Compositionality¶
Build large proofs from small pieces. provably reuses verified contracts without re-examining function bodies -- classical assume/guarantee reasoning.
The pattern¶
from provably import verified
@verified(
post=lambda x, result: (result >= 0) & ((result == x) | (result == -x)),
)
def my_abs(x: float) -> float:
return x if x >= 0.0 else -x
# my_abs.__proof__.verified -> True
@verified(
contracts={"my_abs": my_abs.__contract__},
post=lambda x, y, result: result >= 0,
)
def manhattan(x: float, y: float) -> float:
return my_abs(x) + my_abs(y)
# manhattan.__proof__.verified -> True
# provably never examined my_abs's body -- only its postcondition.
Without contracts=, the translator raises TranslationError on the my_abs(...) call.

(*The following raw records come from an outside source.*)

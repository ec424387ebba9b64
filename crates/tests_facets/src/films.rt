use crate::checks::{check, check_ids, set, wide_set, word};
use crate::facets::{DocLeaves, commit};
use facet_index::FacetIndex;
use search_base::{CostKey, DocId, FacetValue, Leaf, Mark, MarkKind, PathId, SortKey};
use std::alloc::Global;
use std::process::Abort;

const YEAR: PathId = PathId(0);

const GENRES: PathId = PathId(1);

// The number of each film, its year, and its genres: their normal form and how they are written.
const FILMS: [(u32, i128, &[(&str, &str)]); 4] = [
    (0, 2008, &[("action", "Action"), ("drama", "Drama")]),
    (1, 2012, &[("action", "Action")]),
    (2, 1999, &[]),
    (3, 2002, &[("drama", "drama")]),
];

fn leaf(rt: &impl Abort, alloc: Global, path: PathId, value: FacetValue, shown: &str) -> Leaf {
    let shown = word(rt, alloc, shown);
    Leaf { path, value, shown }
}

fn leaves_of(rt: &impl Abort, alloc: Global, year: i128, genres: &[(&str, &str)]) -> Vec<Leaf> {
    let mut leaves = Vec::new(alloc);
    let leaf_of_year = leaf(rt, alloc, YEAR, FacetValue::Number(year), "a year");
    leaves.push(leaf_of_year).expect(rt, "memory");
    for (form, shown) in genres {
        let value = FacetValue::Text(word(rt, alloc, form));
        let leaf = leaf(rt, alloc, GENRES, value, shown);
        leaves.push(leaf).expect(rt, "memory");
    }
    leaves
}

fn index(rt: &impl Abort, alloc: Global) -> FacetIndex {
    let mut films = Vec::new(alloc);
    for (id, year, genres) in &FILMS {
        let mut marks = Vec::new(alloc);
        if !genres.is_empty() {
            let (path, kind) = (GENRES, MarkKind::Exists);
            marks.push(Mark { path, kind }).expect(rt, "memory");
        }
        let film = DocLeaves {
            id: DocId(*id),
            leaves: leaves_of(rt, alloc, *year, genres),
            marks,
        };
        films.push(film).expect(rt, "memory");
    }
    let mut index = FacetIndex::new(alloc);
    commit(rt, alloc, &mut index, &[], &films);
    index
}

#[test]
fn films_by_value_mark_and_range(rt: HostRuntime) {
    let alloc = rt.alloc();
    let index = index(&rt, alloc);
    let all = set(&rt, alloc, &[0, 1, 2, 3]);
    let drama = FacetValue::Text(word(&rt, alloc, "drama"));
    let docs = index.equal(alloc, GENRES, &drama, &all);
    check_ids(&rt, &docs.expect(&rt, "memory"), &[0, 3], "drama");
    let docs = index.marked(alloc, GENRES, MarkKind::Exists, &all);
    check_ids(&rt, &docs.expect(&rt, "memory"), &[0, 1, 3], "genres");
    let wide = wide_set(&rt, alloc, &[0, 1, 2, 3]);
    let docs = index.short_range(alloc, YEAR, 2000, 2010, &wide);
    let docs = docs.expect(&rt, "memory").expect(&rt, "short lists");
    check_ids(&rt, &docs, &[0, 3], "years");
}

#[test]
fn films_by_year(rt: HostRuntime) {
    let alloc = rt.alloc();
    let index = index(&rt, alloc);
    let all = set(&rt, alloc, &[0, 1, 2, 3]);
    // A year, the one that comes next, and the films of that one.
    for (after, next, ids) in [
        (None, Some(1999), [2].as_slice()),
        (Some(1999), Some(2002), [3].as_slice()),
        (Some(2002), Some(2008), [0].as_slice()),
        (Some(2012), None, [].as_slice()),
    ] {
        let after = after.map(|year| CostKey::Up(SortKey::Number(year)));
        let next = next.map(|year| CostKey::Up(SortKey::Number(year)));
        let found = index.next_sort(alloc, YEAR, true, after.as_ref(), &all);
        let found = found.expect(&rt, "memory");
        check(&rt, found == next, "next year");
        if let Some(year) = found {
            let docs = index.sort_docs(alloc, YEAR, true, &year, &all);
            check_ids(&rt, &docs.expect(&rt, "memory"), ids, "films of it");
        }
    }
}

With it, provably substitutes a fresh Z3 variable constrained by the callee's postcondition.
Modular verification¶
The two proofs are independent. Changing my_abs's body invalidates my_abs.__proof__
but not manhattan.__proof__ until re-verification.
__contract__¶
Every @verified function exposes __contract__:
The key in contracts= must match the function name used in the body.
Multiple contracts¶
@verified(
contracts={
"clamp": clamp.__contract__,
"my_abs": my_abs.__contract__,
},
pre=lambda lo, hi, x: lo <= hi,
post=lambda lo, hi, x, result: (result >= 0) & (result <= hi),
)
def clamped_abs(lo: float, hi: float, x: float) -> float:
return clamp(my_abs(x), lo, hi)
# clamped_abs.__proof__.verified -> True
Unverified callees¶
Calling a function not in contracts= and not a builtin (min, max, abs,
pow, bool, int, float, len, round) raises TranslationError. This is
intentional -- silently ignoring calls would produce unsound proofs.
Re-verification¶
If you change a helper's implementation, its proof is recomputed on import.